There has also been a more radical legislative proposal by a former chair of the Committee, Maria Miller MP, which is to make it automatically unfair to dismiss an employee by reason for redundancy if the dismissal occurs during pregnancy, maternity leave, or the six-month period after the end of maternity leave – thus removing the need for causative connection between the pregnancy and the dismissal.  Similar protection is currently used in Germany but it remains to be seen whether it will also be adopted here.

Childcare has also been found to be a significant factor in redundancy. Employers should be alive to the risk of indirect sex discrimination claims, if they make a female employee redundant or otherwise terminate employment essentially because of childcare issues.

Flexible working

Women are also more likely to submit flexible working requests then men.

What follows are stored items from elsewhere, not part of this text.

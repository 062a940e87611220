//! The run of a galley under plain TeX's page makeup, page by page: the page builder fills a page over one store of nodes,
//! and what it holds is shipped as one column.
#![tactic(auto)]

mod galley_nodes;
mod makeup;
mod makeup_left;
mod suitability;

pub use makeup::{Makeup, MakeupEnding};
pub use suitability::first_unsuited;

Presently, the minimum length of service required before an employee may submit a flexible working request to their employer is 26 weeks.  The Committee recommended that this becomes a “Day One” right.  This is because the current arrangements can trap women into working for the employer with whom they have managed to negotiate a reasonable working arrangement, thus impeding a more gender-equal economic recovery. The Government has also committed to making flexible working the default position as part of the Employment Bill, although the original proposal of 2019 may be reviewed given the lessons learned during the pandemic. When considering flexible working requests, employers should be alive to the risk of indirect sex discrimination claims if they refuse these to women (who tend to take on the bigger share of childcare responsibilities).

Gender pay gap

It is expected that the pandemic has widened the gender pay gap significantly. Enforcement of gender pay gap reporting requirements on employers with more than 250 employees was suspended for the 2019/2020 financial year. This decision has been criticised by the Committee who has called for it to be reinstated to help to alleviate the widening of the pay gap due to the pandemic. The pre-pandemic statistics have shown that women were already less well paid than men. For that reason, during the pandemic, they were therefore more likely to ask to be furloughed to take on the home-schooling and/or childcare responsibilities. Employers should continue gathering the relevant data for pay gap reporting and be alive to the risk of equal pay claims if they pay less to their female employees who perform equal work to their male employees.


It seems therefore that, undeniably, the pandemic has had a disproportionate impact on women in the workforce which could be redressed by appropriate legislation and policy making in the long run – and has also given rise to some particular legal considerations for employers.  Employers should be alive to potential discrimination issues, whether direct or indirect, on grounds of sex or maternity and/or pregnancy in this context as well as tracking legal developments in this area in the coming year as we build back a “new normal”.